Performance artist Bobby Baker's diary of the drawings she created during the 11 years she struggled with mental illness has been chosen as the Mind Book of the Year.
Authors and judges of the prize Fay Weldon, Blake Morrison and Michele Roberts found Baker's Diary Drawings: Mental Illness and Me to be the book which had provided the greatest literary contribution to increasing understanding of mental health issues over the last year. A collection of 158 drawings and watercolours from the hundreds Baker drew daily between 1997 and 2008, it is an "astonishing insight" into the artist's journey to recovery after she was diagnosed with borderline personality disorder in 1996, said Mind, and "a graphic, often darkly comic insight into the life of an artist grappling with huge internal upheavals".

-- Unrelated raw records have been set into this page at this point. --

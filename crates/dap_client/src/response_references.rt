//! The references that responses give.
ghost use Rattle.std.specs.Prelude.{◌≡◌, map, IfOk, Some};
ghost use Rattle.serde_json.specs.View.{view};
ghost use Rattle.dap_command.specs.GivenReferences.{frame_ids, holders_of};
ghost use Rattle.dap_tables.specs.Given.{frame, holder, references_given_by, references_given_in};

use dap_command::{Command, GivenObjects, frames_given, holders_given};
use dap_json::Tree;
use dap_tables::ReferenceKind;
use serde_json::Value;
use std::alloc::{AllocError, Global};

fn frames(alloc: Global, body: &Value) -> Result<Vec<(ReferenceKind, u32)>, AllocError>
    ensures { IfOk result (λ pairs. pairs.items ≡ map frame (frame_ids (view body.now))) }
{
    frames_given(body)
        .map(|number| (ReferenceKind::Frame, number))
        .collect(alloc)
}

fn holders(
    alloc: Global,
    command: Command,
    body: &Value,
) -> Result<Vec<(ReferenceKind, u32)>, AllocError>
    ensures { IfOk result (λ pairs. pairs.items ≡ map holder (holders_of command (view body.now))) }
{
    holders_given(command, body)
        .map(|number| (ReferenceKind::Holder, number))
        .collect(alloc)
}

fn references_given_by(
    alloc: Global,
    command: Command,
    body: &Value,
) -> Result<Vec<(ReferenceKind, u32)>, AllocError>
    ensures { IfOk result (λ pairs. pairs.items ≡ references_given_by command (view body.now)) }
{
    match command.given_objects() {
        GivenObjects::Frames => frames(alloc, body),
        _ => holders(alloc, command, body),
    }
}

/// The references that the body of a success gives.
pub(crate) fn references_given_in(
    alloc: Global,
    command: Option<Command>,
    body: &Option<Tree>,
) -> Result<Vec<(ReferenceKind, u32)>, AllocError>
    ensures { IfOk result (λ pairs. pairs.items ≡ references_given_in command body.now) }
{
    let Some(command) = command else {
        return Ok(Vec::new(alloc));
    };
    match body {
        None => Ok(Vec::new(alloc)),
        Some(body) => references_given_by(alloc, command, body.value()),
    }
}
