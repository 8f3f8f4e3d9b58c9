//! Laws of the definitions, each on a function with nothing to run.
ghost use Rattle.dap_client.specs.Laws.{EachNameIsShort, EachStepGoesOn};
ghost use Rattle.dap_client.specs.Projection.{EachStepProjects};
ghost use Rattle.dap_client.specs.Within.{EachStepStaysWithin};

use dap_history::laws::histories_grow;
use dap_tables::laws::known_is_a_set;

/// Each step goes on as its history does: a request is outstanding, or kept, exactly while it is unanswered, each response
/// that is accepted or written answers exactly one request that was unanswered, and the phase, the capabilities, the
/// references and what was announced are those of the history.
pub fn each_step_goes_on()
    ensures { EachStepGoesOn }
{
    histories_grow();
}

/// What is true of every session stays true: no two outstanding requests have the same number, nor have two that are kept; no
/// more of either are there, and no more references are known, than there is room for; each outstanding request names a command,
/// each reference is known once, and no number is given past the greatest.
pub fn each_step_stays_within()
    ensures { EachStepStaysWithin }
{
    known_is_a_set();
}

/// Each step is one of the model of two ends (`dap_ends`), which sees classes of commands in place of commands, and of the
/// state the phase, `ready`, the numbers, the requests of both directions, the references and what was announced alone;
/// requests stay whole. A response closes both or neither, by the same fault, but that the client alone closes by
/// `ReferenceLimit`, where the model has no fault and would know more references than there is room for. An event closes
/// neither. A request of the adapter closes the client where one with its number is kept, or where it is to be answered at
/// once and no number is left; else it is kept, or answered at once. Of a call that is not refused no refusal holds. A law
/// over both ends goes by that.
pub fn each_step_projects()
    ensures { EachStepProjects }
{}

/// The name of each command has at most 64 bytes, so that a request of this client is read.
pub fn each_name_is_short()
    ensures { EachNameIsShort }
{}
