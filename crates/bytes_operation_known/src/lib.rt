// The reader's numbers where a test or an earlier pass has told the opcode: of a WRITE or a FILL, and of a COPY. No load waits for the
// opcode, and the compiler joins the bytes of a number to one load. Each is the number of crate bytes_operation (proofs/Laws).
#![tactic(auto)]

ghost use Rattle.std.specs.Prelude.{◌≡◌, ◌≤◌};
ghost use Rattle.base_format.specs.Size.{operation_most};
ghost use Rattle.bytes_operation_known.specs.Known.{extra_of, fill_length, fill_size, fill_value, write_value, copy_pool, copy_source, copy_length};

use bytes_operation::{opcode_in, operation_size};
use bytes_read::{byte_at, read_u16, read_u32};

// What a FILL has more than a WRITE.
fn extra(opcode: u8, more: usize) -> usize
    ensures { result ≡ extra_of opcode more }
{
    if opcode == 0 {
        return 0;
    }
    more
}

// How many writes it makes. The length of a FILL is read in either case.
pub fn fill_length_in(bytes: &[u8], width: usize) -> u32
    requires { (3 ≤ width) × (width ≤ 4) }
    ensures { result ≡ fill_length width bytes.now }
{
    let opcode = opcode_in(bytes);
    let length = read_u32(bytes, 2 + width);
    if opcode == 0 {
        return 1;
    }
    length
}

// How many bytes it has: a WRITE's size, and for a FILL the difference to it.
pub fn fill_size_in(bytes: &[u8], width: usize) -> usize
    requires { (3 ≤ width) × (width ≤ 4) }
    ensures { (result ≡ fill_size width bytes.now) × (result ≤ operation_most) }
{
    let write = operation_size(width, 0);
    let fill = operation_size(width, 1);
    write + extra(opcode_in(bytes), fill - write)
}

// The value of a WRITE or a FILL: behind the address, and in a FILL behind its length.
pub fn fill_value_in(bytes: &[u8], width: usize) -> u8
    requires { (3 ≤ width) × (width ≤ 4) }
    ensures { result ≡ fill_value width bytes.now }
{
    let opcode = opcode_in(bytes);
    byte_at(bytes, 2 + width + extra(opcode, 4))
}

// The value of a WRITE.
pub fn write_value_in(bytes: &[u8], width: usize) -> u8
    requires { (3 ≤ width) × (width ≤ 4) }
    ensures { result ≡ write_value width bytes.now }
{
    byte_at(bytes, 2 + width)
}

// The pool of a COPY.
pub fn copy_pool_in(bytes: &[u8], width: usize) -> u16
    requires { (3 ≤ width) × (width ≤ 4) }
    ensures { result ≡ copy_pool width bytes.now }
{
    read_u16(bytes, 2 + width)
}

// The source of a COPY.
pub fn copy_source_in(bytes: &[u8], width: usize) -> u32
    requires { (3 ≤ width) × (width ≤ 4) }
    ensures { result ≡ copy_source width bytes.now }
{
    read_u32(bytes, 4 + width)
}

// The length of a COPY.
pub fn copy_length_in(bytes: &[u8], width: usize) -> u32
    requires { (3 ≤ width) × (width ≤ 4) }
    ensures { result ≡ copy_length width bytes.now }
{
    read_u32(bytes, 8 + width)
}
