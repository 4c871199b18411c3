// The plan of a jump, by value: the file is checked as a start does, and the jump goes by what a start of it records.
#![tactic(auto)]

ghost use Rattle.std.specs.Prelude.{◌≡◌};
ghost use Rattle.base_format.specs.Jump.{jumped};
ghost use Rattle.base_format.specs.Rule.{answer_of};

use base_format::{Refusal, StreamPlayer};
use play_jump_accepted::plan_by;
use play_start::start;

// A jump on any state, with any file and index, to any frame number, counted from 1: the next state.
#[tactic(auto, using(base_format::proofs::Answered::passed_on, crate::proofs::By::planned_accepted, crate::proofs::By::planned_refused))]
pub fn plan_jump(
    state: StreamPlayer,
    file: &[u8],
    index: &[u8],
    frame: u32,
) -> Result<StreamPlayer, Refusal>
    ensures { answer_of result ≡ jumped state file.now index.now frame }
{
    let started = start(file);
    started.verdict?;
    plan_by(file, index, state, started.state, frame)
}
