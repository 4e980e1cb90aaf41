//! Runs under refused growths of memory what its word names, and all parts in turn without a word. The scripts
//! `tools/growth*.sh` run it, with one growth after another refused.

mod bytes;
mod calls;
mod change;
mod parts;
mod rehearsal;
mod script;
mod state;
mod store;
mod trouble;

use std::io;

/// The words of the parts, in their order.
const PARTS: [&str; 5] = ["store", "calls", "rehearse", "long", "script"];

/// Runs the part of a word.
fn run_part(rt: &HostRuntime, part: &str) -> io::Result<()> {
    match part {
        "store" => store::run(rt),
        "calls" => calls::run(rt),
        "rehearse" => rehearsal::run(rt),
        "long" => rehearsal::run_long(rt),
        "script" => script::run(rt),
        _ => println!(rt; "no part has this name"),
    }
}

/// Runs all parts, each after its word.
fn run_all(rt: &HostRuntime) -> io::Result<()> {
    for part in PARTS {
        println!(rt; "{part}")?;
        run_part(rt, part)?;
    }
    Ok(())
}

/// Runs the part of a word, or all.
pub fn run_growths(rt: &HostRuntime, part: Option<&str>) -> io::Result<()> {
    match part {
        Some(part) => run_part(rt, part),
        None => run_all(rt),
    }
}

Author Emma Henderson was named runner-up for her debut novel Grace Williams Says It Loud, a "passionate and honest portrayal" of 11-year-old Grace's life in a mental hospital which was also shortlisted for the Orange prize for fiction. From memoir to fiction, the other authors in the running for the Mind award were Joanne Limburg for The Woman Who Thought Too Much, John Marzillier for The Gossamer Thread, Candia McWilliam for What to Look for in Winter, Tim Parks for Teach Us to Sit Still, Wendy Perriam for Broken Places and Rupert Thomson for The Party's Got to Stop.